North Korean Hackers Launched Now-Patched Zero-Day Exploit in Two Campaigns
North Korea state-backed hackers infected hundreds of organizational computers through a Chrome zero-day exploit, according to Google.
The vulnerability, which Google tracked as CVE-2022-0609, is a remote code execution flaw that allows an attacker to gain full control over a user’s device. Although Google describes the attacks as being launched by two distinctly different groups, it appears the original campaigns were both reportedly linked to the North Korean group Lazarus. The campaigns have been observed as “Operation Dream Job” and “Operation AppleJeus” by security researchers and have been active since at least 2018. Both groups made use of an exploit kit to place links onto compromised websites as well as websites created by the group to lure victims.
“We suspect that these groups work for the same entity with a shared supply chain, hence the use of the same exploit kit, but each operate with a different mission set and deploy different techniques,” said Adam Weidemann, director of engineering for Google’s Threat Analysis Group. “It is possible that other North Korean government-backed attackers have access to the same exploit kit.”
Lazarus has been connected to several major cybercrimes, including the 2016 incident when the attackers installed malware on Bangladesh Bank’s systems then used to send false messages through SWIFT, the international messaging system for banks.

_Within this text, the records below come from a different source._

//! The fields of a data line, cut once.
ghost use Rattle.std.specs.Prelude.{◌≡◌, ◌≤◌, length, is_some, IfSome, IsTrue, option_map, bytes_eq, codes};
ghost use Rattle.mps_fields.specs.Lines.{is_data_line, most_bytes};
ghost use Rattle.mps_fields.specs.FixedFields.{is_in_columns};
ghost use Rattle.mps_fields.specs.LineViews.{line_view};
ghost use Rattle.mps_model.specs.SixFields.{fixed_texts, places as places_at, kind_text, mark_text};
ghost use Rattle.mps_model.specs.Tables.{is_marker as marker_line, row_at, marker_at, entries_at, set_at, bound_kind_at, bound_with};
ghost use Rattle.mps_model.specs.LineFaults.{keeps_columns};
ghost use Rattle.mps_model.specs.SixFieldViews.{text_of, fields_view, places_view, rule_of};
ghost use Rattle.mps_model.specs.DataLineViews.{row_view, pair_line_view, bound_view};
ghost use Rattle.mps_model.specs.FieldCuts.{IsCutOf, Cuts, Says};

use crate::layout::Layout;
use crate::lines::bound_kind::BoundKind;
use crate::lines::data_line::{BoundLine, PairLine, RowLine, marker_word};
use crate::lines::six_fields::{Rule, SixFields, free_places};
use mps_fields::{Field, FreeFields, TextLine, fields_fixed, fields_free};

/// The fields as the layout cuts them.
#[derive(Debug, Drop)]
pub(crate) enum Cut<'a> {
    Free(FreeFields<'a>),
    Fixed(SixFields<'a>),
}

/// The fields of the data line with this number.
#[derive(Debug, Drop)]
pub(crate) struct DataFields<'a> {
    pub(crate) line: u32,
    pub(crate) cut: Cut<'a>,
}

fn is_mark(word: &[u8]) -> bool
    ensures { result ≡ bytes_eq (codes "'MARKER'") word.now }
{
    b"'MARKER'".as_slice() == word
}

fn text<'a>(field: Option<Field<'a>>) -> Option<&'a [u8]>
    ensures { option_map text_of result ≡ option_map (λ field. field.text.now) field.entry }
{
    field.map(|field| field.text)
}

// The fields of a line by its columns, where it keeps to them.
fn fixed_places<'a>(line: &TextLine<'a>) -> Option<SixFields<'a>>
    ensures columns { is_some result ≡ is_in_columns line.now.bytes.now }
    ensures fields { IfSome result (λ p. fields_view p ≡ fixed_texts line.now.bytes.now) }
{
    let fields = fields_fixed(line)?;
    Some(SixFields {
        first: text(fields.field(1)),
        second: text(fields.field(2)),
        third: text(fields.field(3)),
        fourth: text(fields.field(4)),
        fifth: text(fields.field(5)),
        sixth: text(fields.field(6)),
    })
}

fn cut_line<'a>(layout: Layout, line: &TextLine<'a>) -> Option<Cut<'a>>
    requires { length line.now.bytes.now ≤ most_bytes }
    ensures columns { IsTrue (is_data_line line.now.bytes.now) → is_some result ≡ keeps_columns layout line.now.bytes.now }
    ensures cut { IfSome result (IsCutOf layout (line_view line.now)) }
{
    match layout {
        Layout::Free => Some(Cut::Free(fields_free(line))),
        Layout::Fixed => fixed_places(line).map(Cut::Fixed),
    }
}

impl<'a> DataFields<'a> {
    /// The fields of a data line, or `None` where it is out of its columns.
    pub(crate) fn cut(layout: Layout, line: &TextLine<'a>) -> Option<DataFields<'a>>
        requires { length line.now.bytes.now ≤ most_bytes }
        ensures columns { IsTrue (is_data_line line.now.bytes.now) → is_some result ≡ keeps_columns layout line.now.bytes.now }
        ensures cuts { IfSome result (Cuts layout (line_view line.now)) }
    {
        let cut = cut_line(layout, line)?;
        Some(DataFields {
            line: line.number,
            cut,
        })
    }

    fn places(&self, rule: Rule) -> Option<SixFields<'a>>
        ensures { Says self.now (places_view result) (λ layout line. places_at layout (rule_of rule) line.bytes) }
    {
        match &self.cut {
            Cut::Free(fields) => free_places(rule, fields.fields()),
            Cut::Fixed(fields) => Some(*fields),
        }
    }

    // The field that tells a bound's kind.
    fn kind_word(&self) -> Option<&'a [u8]>
        ensures { Says self.now (option_map text_of result) (λ layout line. kind_text layout line.bytes) }
    {
        match &self.cut {
            Cut::Free(fields) => fields.fields().first().map(|field| field.text),
            Cut::Fixed(fields) => fields.first,
        }
    }

    // The field that tells a marker.
    fn mark(&self) -> Option<&'a [u8]>
        ensures { Says self.now (option_map text_of result) (λ layout line. mark_text layout line.bytes) }
    {
        match &self.cut {
            Cut::Free(fields) => fields.fields().get(1).map(|field| field.text),
            Cut::Fixed(fields) => fields.third,
        }
    }

    /// What a line of ROWS says.
    pub(crate) fn row(&self) -> Option<RowLine<'a>>
        ensures { Says self.now (option_map row_view result) row_at }
    {
        RowLine::from_fields(&self.places(Rule::Row)?)
    }

    /// A line of COLUMNS is a marker.
    pub(crate) fn is_marker(&self) -> bool
        ensures { Says self.now result (λ layout line. marker_line layout line.bytes) }
    {
        self.mark().is_some_and(is_mark)
    }

    /// The word of a marker line.
    pub(crate) fn marker(&self) -> Option<&'a [u8]>
        ensures { Says self.now (option_map text_of result) marker_at }
    {
        marker_word(&self.places(Rule::Marker)?)
    }

    /// What another line of COLUMNS says.
    pub(crate) fn entries(&self) -> Option<PairLine<'a>>
        ensures { Says self.now (option_map pair_line_view result) entries_at }
    {
        PairLine::from_column(self.line, &self.places(Rule::Column)?)
    }

    /// What a line of RHS or RANGES says.
    pub(crate) fn set(&self) -> Option<PairLine<'a>>
        ensures { Says self.now (option_map pair_line_view result) set_at }
    {
        PairLine::from_set(self.line, &self.places(Rule::Set)?)
    }

    /// The kind of a line of BOUNDS.
    pub(crate) fn bound_kind(&self) -> Option<BoundKind>
        ensures { Says self.now result bound_kind_at }
    {
        BoundKind::from_word(self.kind_word()?)
    }

    /// What a line of BOUNDS of this kind says.
    pub(crate) fn bound(&self, kind: BoundKind) -> Option<BoundLine<'a>>
        ensures { Says self.now (option_map bound_view result) (λ layout line. bound_with layout line kind) }
    {
        if kind.takes_value() {
            BoundLine::with_value(kind, &self.places(Rule::Value)?)
        } else {
            BoundLine::without_value(kind, &self.places(Rule::Bare)?)
        }
    }
}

Known as the Bangladesh Bank Heist, this incident resulted in the loss of $101 million.
The Kaspersky research firm has also tracked a North Korean Group called BlueNoroff, however, a researcher working for the firm said during a presentation for the Center for Cyber Security Belgium that he suspected the group was linked to Lazarus.
Google says a patch for the exploit was delivered in February.

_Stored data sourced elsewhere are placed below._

//! What data lines say, in slices of the text.
ghost use Rattle.std.specs.Prelude.{◌≡◌, option_map};
ghost use Rattle.mps_model.specs.Tables.{row_said, column_said, set_said, marker_said, valued_said, bare_said};
ghost use Rattle.mps_model.specs.SixFieldViews.{text_of, fields_view};
ghost use Rattle.mps_model.specs.DataLineViews.{row_view, pair_line_view, bound_view, line_with};

use crate::lines::bound_kind::BoundKind;
use crate::lines::six_fields::SixFields;

/// The name of a row, and the text of a number.
#[derive(Clone, Copy, Debug)]
pub(crate) struct Pair<'a> {
    pub(crate) name: &'a [u8],
    pub(crate) number: &'a [u8],
}

/// A line with one or two pairs. The label is a column's name, or a set name, which is empty where it is absent.
#[derive(Clone, Copy, Debug)]
pub(crate) struct PairLine<'a> {
    pub(crate) at: u32,
    pub(crate) label: &'a [u8],
    pub(crate) first: Pair<'a>,
    pub(crate) second: Option<Pair<'a>>,
}

/// A line of ROWS: a kind, which may be any word, and a name.
#[derive(Clone, Copy, Debug)]
pub(crate) struct RowLine<'a> {
    pub(crate) kind: &'a [u8],
    pub(crate) name: &'a [u8],
}

/// A line of BOUNDS. The set name is empty where it is absent, and the value where the kind takes none.
#[derive(Clone, Copy, Debug)]
pub(crate) struct BoundLine<'a> {
    pub(crate) kind: BoundKind,
    pub(crate) set: &'a [u8],
    pub(crate) column: &'a [u8],
    pub(crate) value: &'a [u8],
}

impl<'a> RowLine<'a> {
    pub(crate) fn from_fields(fields: &SixFields<'a>) -> Option<RowLine<'a>>
        ensures { option_map row_view result ≡ row_said (fields_view fields.now) }
    {
        match fields {
            SixFields {
                first: Some(kind),
                second: Some(name),
                third: None,
                fourth: None,
                fifth: None,
                sixth: None,
            } => Some(RowLine { kind, name }),
            _ => None,
        }
    }
}

impl<'a> PairLine<'a> {
    fn with_label(at: u32, label: &'a [u8], fields: &SixFields<'a>) -> Option<PairLine<'a>>
        ensures { option_map pair_line_view result ≡ line_with at label.now (fields_view fields.now) }
    {
        match fields {
            SixFields {
                third: Some(name),
                fourth: Some(number),
                fifth: None,
                sixth: None,
                ..
            } => Some(PairLine {
                at,
                label,
                first: Pair { name, number },
                second: None,
            }),
            SixFields {
                third: Some(name),
                fourth: Some(number),
                fifth: Some(other),
                sixth: Some(size),
                ..
            } => Some(PairLine {
                at,
                label,
                first: Pair { name, number },
                second: Some(Pair {
                    name: other,
                    number: size,
                }),
            }),
            _ => None,
        }
    }

    pub(crate) fn from_column(at: u32, fields: &SixFields<'a>) -> Option<PairLine<'a>>
        ensures { option_map pair_line_view result ≡ column_said at (fields_view fields.now) }
    {
        match fields {
            SixFields {
                first: None,
                second: Some(column),
                ..
            } => PairLine::with_label(at, column, fields),
            _ => None,
        }
    }

    pub(crate) fn from_set(at: u32, fields: &SixFields<'a>) -> Option<PairLine<'a>>
        ensures { option_map pair_line_view result ≡ set_said at (fields_view fields.now) }
    {
        match fields {
            SixFields {
                first: None,
                second,
                ..
            } => PairLine::with_label(at, second.unwrap_or(&[]), fields),
            _ => None,
        }
    }
}

impl<'a> BoundLine<'a> {
    pub(crate) fn with_value(kind: BoundKind, fields: &SixFields<'a>) -> Option<BoundLine<'a>>
        ensures { option_map bound_view result ≡ valued_said kind (fields_view fields.now) }
    {
        match fields {
            SixFields {
                second,
                third: Some(column),
                fourth: Some(value),
                fifth: None,
                sixth: None,
                ..
            } => Some(BoundLine {
                kind,
                set: second.unwrap_or(&[]),
                column,
                value,
            }),
            _ => None,
        }
    }

    pub(crate) fn without_value(kind: BoundKind, fields: &SixFields<'a>) -> Option<BoundLine<'a>>
        ensures { option_map bound_view result ≡ bare_said kind (fields_view fields.now) }
    {
        match fields {
            SixFields {
                second,
                third: Some(column),
                fifth: None,
                sixth: None,
                ..
            } => Some(BoundLine {
                kind,
                set: second.unwrap_or(&[]),
                column,
                value: &[],
            }),
            _ => None,
        }
    }
}

/// The word of a marker line.
pub(crate) fn marker_word<'a>(fields: &SixFields<'a>) -> Option<&'a [u8]>
    ensures { option_map text_of result ≡ marker_said (fields_view fields.now) }
{
    match fields {
        SixFields {
            first: None,
            second: Some(_),
            third: Some(_),
            fourth: None,
            fifth: Some(word),
            sixth: None,
        } => Some(word),
        _ => None,
    }
}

Google’s Weidemann said that the campaign had targeted several industries, ranging from cryptocurrency firms to media outlets.
“We observed the campaigns targeting U.S.-based organizations spanning news media, IT, cryptocurrency and fintech industries. However, other organizations and countries may have been targeted. One of the campaigns has direct infrastructure overlap with a campaign targeting security researchers which we reported on last year.”
One of the campaigns, Operation Dream Job, preyed on individuals at 10 companies, including software companies and web hosting providers. The attackers social-engineered emails from major job-hunting sites, and once a victim clicked on the spoofed link, the exploit kit would be activated. Phony websites, modeled after Disney and ZipRecruiter’s career sites, were crafted.
Other fake websites were created to pose as legitimate cryptocurrency and fintech websites in a campaign called Operation AppleJeus. Using the same exploit kit, attackers embedded cryptocurrency apps with Trojan malware to upload onto a victim’s device.
The APTS used the same exploit kit that involved different components and stages to victimize users. Aware that security teams were monitoring them, the attackers were careful to deploy techniques to make the exploits more difficult to detect.
A few of the ways the attackers made their infiltration less noticeable was to only perform tasks at certain times, if that was known, and by only allowing single-click policies for links attached to the exploit kit.
The attackers tried several times to use the exploit after a patch was issued. Weidemann says that this “stresses the importance of applying security updates as they become available.”